Неудивительно, что все произошедшее в тот год я не забыл. Напротив, я помню все так хорошо, что кажется иногда даже, что до того года и жизни-то у меня не существовало – так, обрывки какие-то, сложенные в кучу и перемешанные.

Тот конец лета, окончание его на долгие годы, зима, проведенная в поисках, и весна, изменившая все, до которой тогда было еще далеко. Вот, что составило новую жизнь. И все, кажется, что было до нее, – всего лишь жалкое вступление.

Но в голове моей, окутанной пеплом прожитых лет, все еще теплятся и другие воспоминания.

Я помню, как пошел в школу. День жаркий, ароматный. Вокруг наряженные дети, учителя, играет музыка, родители счастливы. На мне новенький костюм, в котором я заживо варился, а в ладони впивались шипы красных как переспелая вишня роз. Школа вообще мне достаточно хорошо запомнилась – даже спустя годы я вполне могу сказать, что сидел на всех предметах с Костиком, а на алгебру ко мне на перевоспитание подсаживали Иру Уткину, которая в этой науке ничего не понимала. Помню первый год в Москве, возвращения и отъезды. Помню все разговоры. Помню работу, первые успехи и недовольство собой. И все помню, все слишком хорошо помню. Особенно то, что хорошо бы забыть.

В случай я не верил. В голове не укладывалось, как какая-то встреча или небрежно оброненное слово могло перевернуть жизнь человека настолько, что все в его существовании изменилось бы. В моем окружении такого не случалось – мы все друг друга знали, виделись с пеленок и жили по объективным и понятным правилам. Школа, колледж или университет, иногда – работа. Свадьба, дети, хозяйство. Отдых на море летом, зимой – наряженная старыми игрушками елка и поедание оливье под речь президента. Все было понятно.

Да и что уж говорить, не мечтал я как-то. Не то чтобы у меня не было никаких желаний – я хотел найти хорошую работу, получать приличные деньги, жить припеваючи с женой и детьми и, может быть, даже завести собаку или кота. Но все это почему-то не считалось мечтами.

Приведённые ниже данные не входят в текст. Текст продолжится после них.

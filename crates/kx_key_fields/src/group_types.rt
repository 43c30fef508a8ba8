//! The types of a key's groups.
ghost use Rattle.std.specs.Prelude.{◌≡◌, ◌+◌, ◌==◌, ◌≤◌, [], ℕ, IfOk, None, OnOk, false, length, max, nat_eq, if◌then◌else◌};
ghost use Rattle.std.specs.Option.{option_map};
ghost use Rattle.kx_merge.specs.Offers.{is_replace, merged_value};
ghost use Rattle.kx_key_fields.specs.Attributes.{type_at, widened_to, with_type};
ghost use Rattle.kx_key_fields.specs.TypesMoved.{type_moved};

use kx_lex::Bytes;
use kx_merge::merged_value;
use kx_parse::Mode;
use std::alloc::{AllocError, Global};
use std::marker::Model;

/// The names of the types of groups, which are counted from 0; seen as a list that has `None` for a group without one. Where
/// there are none, no memory is taken.
#[derive(Drop)]
pub(crate) struct GroupTypes {
    types: Vec<Option<Bytes>>,
}

impl Model for GroupTypes {
    ghost use Rattle.kx_key_fields.specs.Attributes.{GroupTypes};

    ghost Value = { GroupTypes };

    ghost view = { λ t. t.types.items };
}

/// The same name again.
pub(crate) fn try_clone(alloc: Global, name: &Option<Bytes>) -> Result<Option<Bytes>, AllocError>
    ensures { IfOk result (λ copy. copy ≡ name.now) }
{
    match name {
        Some(name) => Ok(Some(Bytes::of(alloc, name.as_slice())?)),
        None => Ok(None),
    }
}

/// Makes room for so many groups at least.
fn widen(types: &mut Vec<Option<Bytes>>, count: usize) -> Result<(), AllocError>
    ensures { OnOk result (types.new.items ≡ widened_to count types.old.items) }
{
    'groups: while types.len() < count {
        types.push(None)?;
    }
    Ok(())
}

impl GroupTypes {
    /// No types.
    pub(crate) fn none(alloc: Global) -> GroupTypes
        ensures { result ≡ [] }
    {
        GroupTypes {
            types: Vec::new(alloc),
        }
    }

    /// The name of a group's type.
    pub(crate) fn of_group(&self, group: usize) -> Option<&[u8]>
        ensures { option_map (λ n. n.now) result ≡ type_at self.now group }
    {
        match self.types.get(group) {
            Some(Some(name)) => Some(name.as_slice()),
            _ => None,
        }
    }

    /// Gives a group a type.
    pub(crate) fn put(&mut self, alloc: Global, group: u8, name: &[u8]) -> Result<(), AllocError>
        ensures { OnOk result (self.new ≡ with_type self.old group name.now) }
    {
        let name = Bytes::of(alloc, name)?;
        let group = usize::from(group);
        widen(&mut self.types, group + 1)?;
        self.types[group] = Some(name);
        Ok(())
    }

    /// Merges a later type at a place, the next at most.
    fn merge_type(
        &mut self,
        place: usize,
        name: Option<Bytes>,
        mode: Mode,
    ) -> Result<(), AllocError>
        requires { place ≤ length self.old }
        ensures types { OnOk result ((g : ℕ)
            → type_at self.new g ≡ (if nat_eq g place then merged_value mode
            (type_at self.old place) name
            else type_at self.old g)) }
        ensures long { OnOk result (length self.new ≡ max (length self.old) (place + 1)) }
    {
        if place < self.types.len() {
            let old = self.types[place].take();
            self.types[place] = merged_value(mode, old, name);
            Ok(())
        } else {
            self.types.push(name)?;
            Ok(())
        }
    }

    /// Merges later types under a mode that isn't replace.
    pub(crate) fn merge(&mut self, other: GroupTypes, mode: Mode) -> Result<(), AllocError>
        requires { is_replace mode ≡ false }
        ensures { OnOk result ((g : ℕ)
            → type_at self.new g ≡ merged_value mode (type_at self.old g) (type_at other g)) }
    {
        let mut later = other.types;
        'types: for place in 0..later.len() {
            let name = later[place].take();
            self.merge_type(place, name, mode)?;
        }
        Ok(())
    }

    /// The same types again.
    pub(crate) fn try_clone(&self, alloc: Global) -> Result<GroupTypes, AllocError>
        ensures { IfOk result (λ types. types ≡ self.now) }
    {
        let mut types = Vec::new(alloc);
        'types: for name in &self.types {
            types.push(try_clone(alloc, name)?)?;
        }
        Ok(GroupTypes { types })
    }

    /// The first group's type alone, as that of another group.
    fn first_at(&self, alloc: Global, group: u8) -> Result<GroupTypes, AllocError>
        ensures { IfOk result (λ types. (g : ℕ)
            → type_at types g ≡ (if g == group then type_at self.now 0 else None)) }
    {
        let mut types = GroupTypes::none(alloc);
        if let Some(name) = self.of_group(0) {
            types.put(alloc, group, name)?;
        }
        Ok(types)
    }

    /// The types where the map of the key is moved to a group, counted from 1.
    pub(crate) fn moved(&self, alloc: Global, group: Option<u8>) -> Result<GroupTypes, AllocError>
        ensures { IfOk result (λ types. (g : ℕ) → type_at types g ≡ type_moved group self.now g) }
    {
        match group {
            None => self.try_clone(alloc),
            Some(0) => Ok(GroupTypes::none(alloc)),
            Some(group) => self.first_at(alloc, group - 1),
        }
    }
}
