//! Pages of memory that runs of the command are printed on, and what stands on them.

use std::io;
use std::io::{Read, Write};
use std::net::Net;
use std::rt::{Clock, Files};
use ua_command::Why;
use ua_command::run::run;

/// A writer with room for so many bytes, which takes no memory and fails behind them.
#[derive(Drop)]
pub struct Page {
    bytes: [u8; 4096],
    pub len: usize,
    room: usize,
}

impl Page {
    /// A writer of nothing yet, with room for so many bytes, at most 4096.
    pub fn new(room: usize) -> Page {
        Page {
            bytes: [0; 4096],
            len: 0,
            room,
        }
    }

    /// What was written.
    pub fn text(&self) -> &[u8] {
        &self.bytes[..self.len.min(4096)]
    }
}

impl Write for Page {
    fn write(&mut self, buf: &[u8]) -> io::Result<usize> {
        let start = self.len.min(4096);
        let n = buf.len().min(self.room).min(4096 - start);
        if n == 0 && !buf.is_empty() {
            return Err(io::Error::from(io::ErrorKind::Other));
        }
        self.bytes[start..start + n].copy_from_slice(&buf[..n]);
        self.len = start + n;
        self.room -= n;
        Ok(n)
    }

    fn flush(&mut self) -> io::Result<()> {
        Ok(())
    }
}

/// Whether just this stands on the two pages.
pub fn are_written(printed: &Page, told: &Page, output: &str, errors: &str) -> bool {
    printed.text() == output.as_bytes() && told.text() == errors.as_bytes()
}

/// Whether a run of the words on an input ends with the status, and prints and tells just this.
pub fn ends_so<R: Files + Net + Clock + AllocGlobal, I: Read>(
    rt: &R,
    words: &[&str],
    input: &mut I,
    status: u8,
    output: &str,
    errors: &str,
) -> bool {
    let mut printed = Page::new(4096);
    let mut told = Page::new(4096);
    let came = run(rt, words, input, &mut printed, &mut told);
    came == status && are_written(&printed, &told, output, errors)
}

/// Whether it is known that standard output could not be written.
pub fn is_output(why: &Why) -> bool {
    matches!(why, Why::Output)
}

/// Whether some bytes have this text in them.
pub fn has(bytes: &[u8], part: &str) -> bool {
    for at in 0..bytes.len() {
        if bytes[at..].starts_with(part.as_bytes()) {
            return true;
        }
    }
    false
}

Мы молчали, если не брать в расчет тот спор, возникший из-за снотворного. Тоня постоянно курила и пила энергетик за энергетиком, не боясь, наверное, что это вполне могло бы разъесть ей желудок, а я читал на заднем сидении. Читал, конечно, – это громко сказал. Скорее бегал взглядом по строкам, с каждой страницей все больше внимания уделяя пейзажу за окном.

На заправке, пока Тоня заправляла машину дизелем, я, забрав свою сумку, снова очень удобно устроился сзади, разулся и даже постарался прилечь, но рост мой не позволил этого сделать.

– Не испачкай дверь своими грязными ботинками, – пригрозила Тоня, которая для очередной незаконченной нотации даже повернулась ко мне и зло посмотрела. – Иначе будешь языком отчищать.

– Ладно. Я аккуратно, – пожал плечами я и с вызовом посмотрел на Тоню, которая, вопреки моим ожиданиям, не улыбнулась и не сказала ничего в одобрение, а просто отвернулась и завела машину.

Автомобиль рыкнул и стремительно покатился в чащу непроходимых лесов, нагонявших на меня какую-то вселенскую тоску. В моих краях таких деревьев не было, было как-то совсем по-чужому и неуютно.

Я достал телефон, написал Костику, а он в ответ прислал мне фотографию бассейна и надувного круга – оказывается, его родители решили остановиться в каком-то отеле по дороге, где был аквапарк, и провести время с сыном, который вот-вот должен был отчалить во взрослую жизнь. Сердце как-то неприятно кольнуло. И даже не из-за того, что Костик не сказал мне об аквапарке заранее – может, его семья и в самом деле спонтанно туда заехала. У них это был частым явлением. Дело было в другом – меня родители даже до вокзала довести не смогли: папа сказал, что пора бы становиться самостоятельным, а мама с Аленкой не решилась без машины. И не то чтобы я был на них очень зол – парень, да еще и совершеннолетний, должен полагаться на собственные силы, но так все-таки хотелось, чтобы обо мне тоже заботились как о Костике. Хотя бы иногда.